# Problem
Your answer should consist of each line from the data below that contains "ghost".

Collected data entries

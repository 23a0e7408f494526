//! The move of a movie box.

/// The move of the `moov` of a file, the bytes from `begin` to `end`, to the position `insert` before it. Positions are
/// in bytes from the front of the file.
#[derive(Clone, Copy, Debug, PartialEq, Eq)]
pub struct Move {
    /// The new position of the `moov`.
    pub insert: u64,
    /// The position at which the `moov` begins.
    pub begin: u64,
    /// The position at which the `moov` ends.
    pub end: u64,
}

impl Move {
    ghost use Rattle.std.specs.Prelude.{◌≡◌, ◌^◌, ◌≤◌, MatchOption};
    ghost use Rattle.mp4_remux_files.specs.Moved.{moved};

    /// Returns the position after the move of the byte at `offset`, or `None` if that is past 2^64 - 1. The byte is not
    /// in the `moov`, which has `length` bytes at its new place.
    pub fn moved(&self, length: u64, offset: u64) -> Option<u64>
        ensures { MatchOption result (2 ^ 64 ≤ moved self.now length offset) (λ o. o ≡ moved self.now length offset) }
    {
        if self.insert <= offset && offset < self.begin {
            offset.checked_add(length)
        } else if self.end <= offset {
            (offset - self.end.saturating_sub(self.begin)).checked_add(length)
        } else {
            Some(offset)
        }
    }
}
* * *
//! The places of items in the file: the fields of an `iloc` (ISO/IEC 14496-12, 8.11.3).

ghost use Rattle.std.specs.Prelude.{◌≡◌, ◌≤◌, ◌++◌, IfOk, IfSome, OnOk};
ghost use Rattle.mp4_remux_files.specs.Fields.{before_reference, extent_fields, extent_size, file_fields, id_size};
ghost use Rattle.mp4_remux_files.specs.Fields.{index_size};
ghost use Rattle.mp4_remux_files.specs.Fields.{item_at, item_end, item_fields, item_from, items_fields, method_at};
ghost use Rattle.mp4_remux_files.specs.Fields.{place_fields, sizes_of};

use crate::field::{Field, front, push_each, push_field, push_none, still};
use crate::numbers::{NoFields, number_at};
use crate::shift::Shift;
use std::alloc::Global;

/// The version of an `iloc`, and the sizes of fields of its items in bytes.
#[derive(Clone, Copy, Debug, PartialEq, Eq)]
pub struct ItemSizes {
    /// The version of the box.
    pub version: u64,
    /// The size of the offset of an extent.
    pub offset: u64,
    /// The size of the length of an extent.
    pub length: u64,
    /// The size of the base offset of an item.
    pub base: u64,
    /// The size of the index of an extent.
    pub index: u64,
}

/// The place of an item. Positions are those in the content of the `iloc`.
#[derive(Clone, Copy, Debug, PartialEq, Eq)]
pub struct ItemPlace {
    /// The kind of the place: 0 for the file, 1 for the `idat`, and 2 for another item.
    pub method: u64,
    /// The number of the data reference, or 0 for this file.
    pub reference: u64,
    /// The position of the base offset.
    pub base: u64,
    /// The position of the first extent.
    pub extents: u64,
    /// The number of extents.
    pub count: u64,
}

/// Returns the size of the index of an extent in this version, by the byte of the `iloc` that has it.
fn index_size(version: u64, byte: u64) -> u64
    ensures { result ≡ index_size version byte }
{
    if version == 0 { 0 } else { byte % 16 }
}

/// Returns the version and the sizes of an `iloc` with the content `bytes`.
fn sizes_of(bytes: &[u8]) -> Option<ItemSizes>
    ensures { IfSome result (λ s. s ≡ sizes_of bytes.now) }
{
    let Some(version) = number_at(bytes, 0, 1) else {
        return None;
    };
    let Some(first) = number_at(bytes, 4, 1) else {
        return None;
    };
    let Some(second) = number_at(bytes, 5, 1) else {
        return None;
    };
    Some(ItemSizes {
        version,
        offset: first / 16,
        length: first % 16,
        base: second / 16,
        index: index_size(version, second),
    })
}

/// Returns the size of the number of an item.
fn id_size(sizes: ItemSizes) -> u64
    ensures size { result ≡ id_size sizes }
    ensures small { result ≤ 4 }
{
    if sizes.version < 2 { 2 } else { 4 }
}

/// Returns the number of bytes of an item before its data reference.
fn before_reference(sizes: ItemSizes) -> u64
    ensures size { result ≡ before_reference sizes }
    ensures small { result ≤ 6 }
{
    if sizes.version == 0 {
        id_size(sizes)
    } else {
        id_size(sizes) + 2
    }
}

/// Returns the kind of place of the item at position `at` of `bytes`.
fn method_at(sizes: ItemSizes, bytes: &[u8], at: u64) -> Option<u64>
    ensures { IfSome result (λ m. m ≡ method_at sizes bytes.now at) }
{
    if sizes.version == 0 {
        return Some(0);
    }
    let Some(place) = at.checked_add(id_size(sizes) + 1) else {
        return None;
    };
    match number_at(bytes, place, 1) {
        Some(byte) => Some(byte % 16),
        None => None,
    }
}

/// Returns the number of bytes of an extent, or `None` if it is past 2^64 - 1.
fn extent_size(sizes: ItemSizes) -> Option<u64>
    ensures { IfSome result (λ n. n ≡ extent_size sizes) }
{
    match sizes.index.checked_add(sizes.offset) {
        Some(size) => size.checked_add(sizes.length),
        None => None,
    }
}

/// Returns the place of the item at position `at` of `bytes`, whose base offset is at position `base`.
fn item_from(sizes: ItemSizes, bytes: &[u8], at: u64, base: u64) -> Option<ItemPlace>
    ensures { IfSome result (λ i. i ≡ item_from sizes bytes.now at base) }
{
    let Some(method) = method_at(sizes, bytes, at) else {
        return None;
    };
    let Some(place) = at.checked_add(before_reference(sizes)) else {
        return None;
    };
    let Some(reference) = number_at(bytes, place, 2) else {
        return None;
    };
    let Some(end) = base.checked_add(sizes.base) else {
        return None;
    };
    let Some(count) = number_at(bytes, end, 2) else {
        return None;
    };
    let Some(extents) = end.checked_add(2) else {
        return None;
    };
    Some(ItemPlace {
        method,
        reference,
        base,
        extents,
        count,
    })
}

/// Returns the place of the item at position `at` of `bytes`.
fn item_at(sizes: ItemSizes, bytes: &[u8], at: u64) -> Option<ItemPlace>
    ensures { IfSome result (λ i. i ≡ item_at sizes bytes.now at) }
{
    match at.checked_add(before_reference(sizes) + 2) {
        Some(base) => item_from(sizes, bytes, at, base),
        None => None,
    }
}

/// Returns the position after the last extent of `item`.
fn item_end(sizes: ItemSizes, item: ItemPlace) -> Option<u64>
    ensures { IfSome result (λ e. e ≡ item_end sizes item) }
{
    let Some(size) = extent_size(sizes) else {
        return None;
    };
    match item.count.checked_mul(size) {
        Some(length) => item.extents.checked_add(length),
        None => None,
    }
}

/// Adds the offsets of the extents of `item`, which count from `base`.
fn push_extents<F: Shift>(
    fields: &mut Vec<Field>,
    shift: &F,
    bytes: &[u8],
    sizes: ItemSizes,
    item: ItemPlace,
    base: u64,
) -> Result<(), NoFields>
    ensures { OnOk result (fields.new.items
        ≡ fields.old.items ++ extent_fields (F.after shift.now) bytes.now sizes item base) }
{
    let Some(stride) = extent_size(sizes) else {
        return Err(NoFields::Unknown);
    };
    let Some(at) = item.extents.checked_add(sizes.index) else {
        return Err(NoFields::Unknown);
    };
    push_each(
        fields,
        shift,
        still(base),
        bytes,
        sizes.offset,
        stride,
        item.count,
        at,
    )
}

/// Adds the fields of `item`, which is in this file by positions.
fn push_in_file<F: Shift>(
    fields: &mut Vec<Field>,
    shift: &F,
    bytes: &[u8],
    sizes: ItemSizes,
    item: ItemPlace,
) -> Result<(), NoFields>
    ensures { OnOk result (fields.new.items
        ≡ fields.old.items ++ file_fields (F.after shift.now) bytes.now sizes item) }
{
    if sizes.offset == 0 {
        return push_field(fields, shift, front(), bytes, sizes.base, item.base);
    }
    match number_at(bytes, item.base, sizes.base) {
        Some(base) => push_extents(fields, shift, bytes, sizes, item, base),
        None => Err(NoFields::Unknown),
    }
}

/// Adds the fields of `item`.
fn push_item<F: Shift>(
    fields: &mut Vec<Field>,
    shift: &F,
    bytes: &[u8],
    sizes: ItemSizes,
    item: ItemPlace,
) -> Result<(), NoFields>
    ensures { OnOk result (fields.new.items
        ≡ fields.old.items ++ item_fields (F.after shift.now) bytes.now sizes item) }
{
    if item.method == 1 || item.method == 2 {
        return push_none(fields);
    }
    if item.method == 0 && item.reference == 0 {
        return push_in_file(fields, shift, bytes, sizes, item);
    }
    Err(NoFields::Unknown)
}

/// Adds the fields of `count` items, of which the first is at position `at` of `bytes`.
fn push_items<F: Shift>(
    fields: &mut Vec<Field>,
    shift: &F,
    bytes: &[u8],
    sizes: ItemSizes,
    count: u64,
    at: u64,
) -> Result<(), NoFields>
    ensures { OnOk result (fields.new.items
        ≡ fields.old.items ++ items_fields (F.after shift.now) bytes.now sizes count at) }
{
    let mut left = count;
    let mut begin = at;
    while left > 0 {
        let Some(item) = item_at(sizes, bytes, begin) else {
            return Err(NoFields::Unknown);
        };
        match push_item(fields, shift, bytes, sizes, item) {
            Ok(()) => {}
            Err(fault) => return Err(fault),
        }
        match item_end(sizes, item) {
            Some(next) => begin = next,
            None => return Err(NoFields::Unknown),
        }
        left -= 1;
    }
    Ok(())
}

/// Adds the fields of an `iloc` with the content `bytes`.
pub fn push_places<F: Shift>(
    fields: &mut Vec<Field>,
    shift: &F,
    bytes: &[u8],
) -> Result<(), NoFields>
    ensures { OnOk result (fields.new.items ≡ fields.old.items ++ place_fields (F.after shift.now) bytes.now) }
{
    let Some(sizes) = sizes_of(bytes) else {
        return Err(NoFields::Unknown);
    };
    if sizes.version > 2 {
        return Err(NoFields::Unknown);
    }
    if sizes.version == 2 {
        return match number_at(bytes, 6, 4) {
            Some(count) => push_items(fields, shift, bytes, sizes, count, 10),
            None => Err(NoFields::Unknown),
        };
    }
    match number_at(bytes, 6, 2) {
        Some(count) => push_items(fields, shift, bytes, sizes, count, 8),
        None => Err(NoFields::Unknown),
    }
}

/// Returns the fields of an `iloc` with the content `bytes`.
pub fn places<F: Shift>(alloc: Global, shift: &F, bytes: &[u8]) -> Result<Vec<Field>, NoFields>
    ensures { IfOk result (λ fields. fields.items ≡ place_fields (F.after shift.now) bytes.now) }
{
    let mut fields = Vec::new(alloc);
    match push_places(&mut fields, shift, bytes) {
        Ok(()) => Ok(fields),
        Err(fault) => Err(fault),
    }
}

# Answer to the exercise
    ghost use Rattle.std.specs.Prelude.{◌≡◌, ◌^◌, ◌≤◌, MatchOption};
    ghost use Rattle.mp4_remux_files.specs.Moved.{moved};
ghost use Rattle.std.specs.Prelude.{◌≡◌, ◌≤◌, ◌++◌, IfOk, IfSome, OnOk};
ghost use Rattle.mp4_remux_files.specs.Fields.{before_reference, extent_fields, extent_size, file_fields, id_size};
ghost use Rattle.mp4_remux_files.specs.Fields.{index_size};
ghost use Rattle.mp4_remux_files.specs.Fields.{item_at, item_end, item_fields, item_from, items_fields, method_at};
ghost use Rattle.mp4_remux_files.specs.Fields.{place_fields, sizes_of};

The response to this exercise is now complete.